= Task directions =
When the string "this" is part of a line below, that line should be copied.
[Start of Attachment]
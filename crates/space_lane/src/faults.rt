//! Why a call of a lane failed.
use site_disk::Failed;

/// Why a call of a lane failed.
#[derive(Clone, Copy, Debug, PartialEq, Eq)]
pub enum LaneFault {
    /// The chunk has no valid header of this site, space and number of pages.
    ChunkLost,
    /// The mark isn't in the grammar.
    BadMark,
    /// The space, the zeros or the number of this page aren't as the layout says, or the disk ends within it.
    BadPage { page: u32 },
    /// The disk failed. The lane has to be opened again.
    Failed,
}

impl From<Failed> for LaneFault {
    ghost use Rattle.std.specs.Prelude.{◌≡◌};
    ghost use Rattle.space_lane.specs.declared.faults.LaneFault.TheVariants.{Failed as DiskFailed};

    ghost from_gives = { λ _ e. e ≡ DiskFailed };

    fn from(_: Failed) -> Self {
        LaneFault::Failed
    }
}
[End of Attachment]
= Output of the exercise =
    /// The chunk has no valid header of this site, space and number of pages.
    /// The space, the zeros or the number of this page aren't as the layout says, or the disk ends within it.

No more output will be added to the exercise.